Cooper Raiff‘s film “Cha Cha Real Smooth” sold to Apple for $15 million in 2022, but his wasn’t the first, nor the last to notch such a deal at a festival. That’s not to say it was easy, but with Raiff’s new project, he doesn’t even have that track record to fall back on.
Raiff’s latest project is “Hal & Harper,” an 8-part dramedy series being presented in Sundance‘s Episodic section. The series stars Lili Reinhart, Mark Ruffalo, Betty Gilpin, and Raiff, and is one of the higher profile series to ever play in Park City. The rub is, there’s very little precedent for an Episodic project to find a distributor on the sales market at Sundance. People aren’t coming to Sundance with a pot of money set aside to buy shows the way they are with movies. And for all the idiosyncratic series out there, the way in which television is financed today means, for the most part, “Indie TV” is just not a thing.
“It’s not a new model, it’s the same model. The independent movie model is a great model that works, and then you say, why don’t you do it for TV? A lot of people, including myself, really believe in it. It’s only been since the past year or so that I’ve actually had this awakening,” Raiff told IndieWire. “There is no reason for a network or streamer to buy an independent TV show, and I definitely did not say that to anyone when I was trying to get financing for the show.”
Raiff hopes to change that, but it will take a big swing. Indie filmmakers can make the daring projects a studio never would and do so on the cheap. Why shouldn’t the same logic apply to TV. Raiff made “Hal & Harper” for under $10 million, a number that producer Lionsgate TV heard and said, “That’s fucking great. It’s smart, it sounds smart.” Raiff even shot “Hal & Harper” like a 4.5 hour movie, filming scenes in the pilot back to back with something that appears in the finale.
But he came to realize that a streamer or network is thinking only in terms of whether or not this show will get them more subscribers or retain them. Even if the show is good, they have no proof that buying a show rather than making it themselves will actually work. So if “Hal & Harper” was going to sell, he needed to make his show “undeniable” to buyers. It has to be so good that an executive needs to choose it over the dozen other passion projects on their slate they could make instead.

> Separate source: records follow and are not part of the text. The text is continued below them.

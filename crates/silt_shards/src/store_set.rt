// A set of shards that replies to events.
ghost use Rattle.std.specs.Prelude.{◌≡◌, ◌<◌, ◌++◌, ◌∷◌, [], List, length, vec_len};
ghost use Rattle.silt_event.specs.Events.{HasValueOf, PlainReply};
ghost use Rattle.silt_shards.specs.Routing.{IsShardCount};
ghost use Rattle.silt_shards.specs.SetFacts.{AdministersSet, Informs, SetInforms, no_facts, plus};
ghost use Rattle.silt_shards.specs.Sets.{AreAlike, DoesAt, FlushesEach, IsSet, SetDoes, joined, value_len_of};

use crate::shard_key::only_shard;
use silt_event::{Admin, AdminReply, Answerer, Event, Facts, Reply};
use std::alloc::Global;
use std::marker::Model;

/// One store in several shards: 2 to 64 answerers, each of which is a whole store, or a layer in front of one. Some bytes of a
/// key choose its shard ([`shard_of`](crate::shard_of)).
#[derive(Drop)]
pub struct StoreSet<A: Answerer + Drop> {
    shards: Vec<A>,
}

impl<A: Answerer + Drop> Model for StoreSet<A> {
    ghost use Rattle.std.specs.Prelude.{List};
    ghost use Rattle.silt_shards.specs.Sets.{IsSet};

    ghost Value = { List A };

    ghost view = { λ set. set.shards.items };

    ghost invariant = { λ set. IsSet A.value_len set.shards.items };
}

impl<A: Answerer + Drop> StoreSet<A> {
    /// The set of these shards, in their order.
    pub fn new(shards: Vec<A>) -> StoreSet<A>
        requires count { IsShardCount (vec_len shards) }
        requires alike { AreAlike A.value_len shards.items }
        ensures { result ≡ shards.items }
    {
        StoreSet { shards }
    }

    /// The shards, in their order.
    pub fn into_shards(self) -> Vec<A>
        ensures { result.items ≡ self }
    {
        self.shards
    }

    // Each shard does one flush, whatever the others reply.
    fn flush_each(&mut self, alloc: Global) -> Reply<()>
        ensures stays { value_len_of A.value_len self.new ≡ value_len_of A.value_len self.old }
        ensures flushes { (parts : List PlainReply) × FlushesEach A.answers self.old parts self.new × (result ≡ joined parts) }
    {
        let mut joined = Reply::Acknowledged(0);
        for shard in self.shards.iter_mut() {
            joined = join(joined, shard.answer(alloc, Event::Flush));
        }
        joined
    }

    // The sums of the shards' facts, if all give some.
    fn sum_facts(&self) -> Option<Facts>
        ensures { SetInforms (Informs A.administers) self.now result }
    {
        let mut sum = no_facts();
        for shard in self.shards.iter() {
            sum = plus(sum, facts_given(shard)?);
        }
        Some(sum)
    }

    // This shard does the event, and the others stay as they are.
    fn answer_at(&mut self, alloc: Global, shard: usize, event: Event) -> Reply<()>
        requires within { shard < length self.old }
        requires value { HasValueOf (value_len_of A.value_len self.old) event }
        ensures stays { value_len_of A.value_len self.new ≡ value_len_of A.value_len self.old }
        ensures does { DoesAt A.answers shard self.old self.new event result }
    {
        self.shards[shard].answer(alloc, event)
    }
}

impl<A: Answerer + Drop> Answerer for StoreSet<A> {
    ghost value_len = { value_len_of A.value_len };

    ghost answers = { SetDoes A.answers };

    ghost administers = { AdministersSet A.administers };

    fn answer(&mut self, alloc: Global, event: Event) -> Reply<()> {
        let count = self.shards.len() as u32;
        match only_shard(count, &event) {
            Some(shard) => self.answer_at(alloc, shard as usize, event),
            None => match event {
                Event::Flush => self.flush_each(alloc),
                _ => Reply::NotServed,
            },
        }
    }

    fn administer(&self, admin: Admin) -> AdminReply {
        match admin {
            Admin::Info => match self.sum_facts() {
                Some(facts) => AdminReply::Info(facts, None),
                None => AdminReply::NotServed,
            },
            _ => AdminReply::NotServed,
        }
    }
}

// The facts of a shard, if it gives some.
fn facts_given<A: Answerer>(shard: &A) -> Option<Facts>
    ensures { Informs A.administers shard.now result }
{
    shard.administer(Admin::Info).facts()
}

/// The facts of no store.
pub fn no_facts() -> Facts
    ensures { result ≡ no_facts }
{
    Facts {
        stores: 0,
        failed: 0,
        commands: 0,
        charge: 0,
        capacity: 0,
        generation: 0,
        frozen_logs: 0,
        hash_stores: 0,
        sorted_entries: 0,
        converted_slots: 0,
        merge_steps: 0,
    }
}

/// The sums of two stores' facts, each no more than a fact can hold.
pub fn plus(a: Facts, b: Facts) -> Facts
    ensures { result ≡ plus a b }
{
    Facts {
        stores: a.stores.saturating_add(b.stores),
        failed: a.failed.saturating_add(b.failed),
        commands: a.commands.saturating_add(b.commands),
        charge: a.charge.saturating_add(b.charge),
        capacity: a.capacity.saturating_add(b.capacity),
        generation: a.generation.saturating_add(b.generation),
        frozen_logs: a.frozen_logs.saturating_add(b.frozen_logs),
        hash_stores: a.hash_stores.saturating_add(b.hash_stores),
        sorted_entries: a.sorted_entries.saturating_add(b.sorted_entries),
        converted_slots: a.converted_slots.saturating_add(b.converted_slots),
        merge_steps: a.merge_steps.saturating_add(b.merge_steps),
    }
}

/// The reply to a flush of some shards, joined with that of the next one.
pub fn join(so_far: Reply<()>, part: Reply<()>) -> Reply<()>
    ensures { (parts : List PlainReply) → so_far ≡ joined parts → result ≡ joined (parts ++ part ∷ []) }
{
    let Reply::Acknowledged(sum) = so_far else {
        return so_far;
    };
    match part {
        Reply::Acknowledged(count) => Reply::Acknowledged(sum.saturating_add(count)),
        refused => refused,
    }
}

“I thought I could make a show that was just for me, and it was all that I’ve ever wanted to see on TV,” Raiff said. “But about a year ago when I was in the edit, I realized I’ve got to make this thing undeniable so that they have to buy it.”
Raiff says “Hal & Harper” was originally set up at a network, but he came to realize amid development that the executives were fitting the show into a box he didn’t want it to be in. A producer saw him in a Zoom meeting and told him, “I can tell we’re not enjoying this.” He wasn’t, and the producer fought to get the rights back.
The pivot to make it independently didn’t mean Raiff could do whatever he wanted. “Hal & Harper” still needed to feel like something a streamer would’ve made itself. So it has binge-friendly cliffhangers, commercial flourishes, and was cut from 10 episodes to eight. Raiff trimmed a six-minute opening sequence of Ruffalo and Gilpin that was merely slice of life world building. The opening needed to “go harder.”
Raiff also told Sundance he needed to present the whole series, not just a pilot, to let buyers know exactly what they’re getting. Only the first four episodes will screen in a theater at Sundance, but all eight episodes will be available via Sundance’s online portal in the second half of the festival.
“They think they know what works for them, and they’re really holding tight on to that,” Raiff said. “I would have thought two years ago that you just go and show a slice of life TV show that’s nothing like anything anyone’s ever seen before, with Mark Ruffalo and Lili Reinhart, and they’ll buy that. But I’ve realized in the past year, no, they won’t. They won’t because they have no reason to break what they’ve been doing. It’s absolutely not broken. It’s working really well for them.”
Non-scripted shows like “100 Foot Wave” have had more success on the indie TV market, but it’s harder in the scripted space. “Penelope,” Mark Duplass and Mel Eslyn’s series that sold to Netflix after a SXSW premiere last year, spent a week in the US Top 10, but is a slow burn series unlikely to jumpstart a larger market for indie TV. “Animals” got a two-season order from HBO after screening two episodes at Sundance in 2015. “Fleabag” and “Baby Reindeer” both started as highly personal, independent projects before a streamer made them hits. But some agents IndieWire spoke with were skeptical such success stories were anything more than one-offs. The lack of activity among Episodic titles dates back to when Sundance launched the section in 2018.
The good news is, Raiff has left the door open for a second season of “Hal & Harper,” that is if someone buys it and audiences want more.
“I hope people just love it. I hope people really see themselves in the characters and get a sense of the healing that they get,” Raiff said. “The dream would be to go to any place: Apple, Netflix, HBO, Amazon, FX, Hulu, all these places. I would die for the show to be at any one of those places. And I’m gonna try to manifest it.”
“Hal & Harper” premieres Sunday, January 26 at Sundance and will be available for streaming via Sundance’s online portal.